從另一個角度來看，人類所能自在運動的地表也侷限在某一些型態之中，若要探討如何在各式自然地形上運動的法則，勢必得回過頭來探討多足動物的運動機制。

而從物理直覺來評析，單就在崎嶇路面上運動的穩定性來探討，採用多足機器人會比較簡單且實際。

基於這一些原因，仿生多足機器人的研發便有了背後的動機，模仿經過長時間演化後動物的構造，藉由觀察牠們的運動，了解為什麼有如此的動作，再利用機構或是控制去完成。

在自然界中，我們看到體型較大、有優秀運動能力的動物像馬、獵豹、羚羊等等都是四隻腳的哺乳類動物，但考慮到穩定性卻是六足比較佔優勢，只要用簡單的三腳步態（tripod gait)即可讓重心輕易落在支撐的三角形中。

四足動物的腳可能需要比較大的力量才能表現出他的特性，但人類尚無法仿造出重要的肌肉和控制系統，以現有機構和馬達組成的系統，重量太重而無法有效運動。

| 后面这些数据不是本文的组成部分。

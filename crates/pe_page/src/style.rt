//! The colours of a page.

use pe_text::Part::{self, Text};
use pe_text::ShowOptions;

/// The beginning of a heading.
pub(crate) fn heading_style(options: &ShowOptions) -> Part<'static> {
    Text(if options.is_coloured { b"\x1b[1m" } else { b"" })
}

/// The beginning of a refusal.
pub(crate) fn refusal_style(options: &ShowOptions) -> Part<'static> {
    Text(if options.is_coloured {
        b"\x1b[1;31m"
    } else {
        b""
    })
}

/// The end of either.
pub(crate) fn end_style(options: &ShowOptions) -> Part<'static> {
    Text(if options.is_coloured { b"\x1b[0m" } else { b"" })
}
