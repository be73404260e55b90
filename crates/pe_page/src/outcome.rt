//! The outcome of a page from the fault of its file.

ghost use Rattle.std.specs.Prelude.{◌≡◌, List};
ghost use Rattle.pe_view.specs.Faults.{Test, first_standing};
ghost use Rattle.pe_text.specs.Outcome.{IsOutcomeOf};

use pe_text::Outcome;
use pe_view::Fault;

/// The outcome of an image whose headers and sections have no fault, from the first fault of its tables.
pub fn outcome_of(fault: Option<Fault>) -> Outcome
    ensures { (tests : List Test) → fault ≡ first_standing tests → IsOutcomeOf tests result }
{
    match fault {
        Some(fault) => Outcome::Refused(fault),
        None => Outcome::Done,
    }
}
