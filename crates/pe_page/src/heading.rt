//! `Page`: the name, the options and the width of a page; and the first row of a page, and the headings of its tables.

ghost use Rattle.pe_text.specs.TextWriter.{IsReady};
ghost use Rattle.pe_page.specs.Page.{AddsSome};

use crate::cell::Cell::{self, Plain};
use crate::cell::write_cells;
use crate::style::{end_style, heading_style, refusal_style};
use pe_text::Part::{self, Text};
use pe_text::{Outcome, ShowOptions, Sink, TextWriter, write_parts};

/// The file, the options and the width of a page.
#[derive(Clone, Copy)]
pub struct Page<'p> {
    /// The file's name.
    pub name: &'p [u8],
    /// What to show.
    pub options: &'p ShowOptions,
    /// How many columns lists may take: the modules that an image imports from are counted after those that fit, and flags go on on a
    /// further row. Other rows are as long as they are.
    pub width: usize,
}

impl Page<'_> {
    /// The width of a page if nothing says how wide the terminal is.
    pub const WIDTH: usize = 100;
}

/// What a file is, in four parts: `PE32+ library for AMD64`.
pub type Kind = [Part<'static>; 4];

/// Adds the first row: the file's name, whether it is accepted, what it is, and its size in bytes.
pub fn write_title<W: Sink>(
    text: &mut TextWriter<W>,
    page: &Page,
    outcome: Outcome,
    kind: Kind,
    len: u64,
)
    requires { IsReady W.failures text.old }
    ensures { AddsSome W.taken W.failures text.old text.new }
{
    let (style, word) = match outcome {
        Outcome::Done => (heading_style(page.options), Text(b": accepted: ")),
        Outcome::Refused(_) => (refusal_style(page.options), Text(b": refused: ")),
    };
    write_cells(text, &[Plain(style), Cell::Name(page.name), Plain(word)]);
    write_parts(text, &kind);
    write_cells(
        text,
        &[
            Cell::Count(len),
            Plain(Text(if len == 1 { b" byte" } else { b" bytes" })),
            Plain(end_style(page.options)),
            Plain(Text(b"\n")),
        ],
    );
}

/// Adds the heading of a part that is no list, after an empty row: `Identity`.
pub fn write_plain_heading<W: Sink>(text: &mut TextWriter<W>, options: &ShowOptions, words: &[u8])
    requires { IsReady W.failures text.old }
    ensures { AddsSome W.taken W.failures text.old text.new }
{
    write_parts(
        text,
        &[
            Text(b"\n"),
            heading_style(options),
            Text(words),
            end_style(options),
            Text(b"\n"),
        ],
    );
}

/// Adds the heading of a table, after an empty row: `Sections (12)`.
pub fn write_heading<W: Sink>(
    text: &mut TextWriter<W>,
    options: &ShowOptions,
    words: &[u8],
    count: usize,
)
    requires { IsReady W.failures text.old }
    ensures { AddsSome W.taken W.failures text.old text.new }
{
    write_cells(
        text,
        &[
            Plain(Text(b"\n")),
            Plain(heading_style(options)),
            Plain(Text(words)),
            Plain(Text(b" (")),
            Cell::Count(count as u64),
            Plain(Text(b")")),
            Plain(end_style(options)),
            Plain(Text(b"\n")),
        ],
    );
}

這時，自由度的選擇以与機構設計便成了一個很重要的課題。

這二、三十年學業界創造出了許多各式各樣的多足機器人，在後續的文章中便為各位讀者進行介紹[2, 3]。

二、學術界開發仿生多足機器人（1）Quadruped圖一Quadruped[4]由Prof. Marc Reibert所領導的MIT Leg Lab於1984~1987年製作，重38公斤，整體長度1.05公尺，高度0.95公尺，採用長柱狀的腳，每一隻腳連接身體的關節是由兩個液壓致動器（hydraulic actuators)組成，分別控制腳的前後与左右的旋轉，腳上有一個線性致動器來提供推進力。

在控制上將腳簡易的分成兩組，不同的分組方法便產生了小跑（trot)、跑（pace)和奔馳（bound)等三種步態，奔馳可達到3.5個身體長度，有很好的穩定性和運動特性。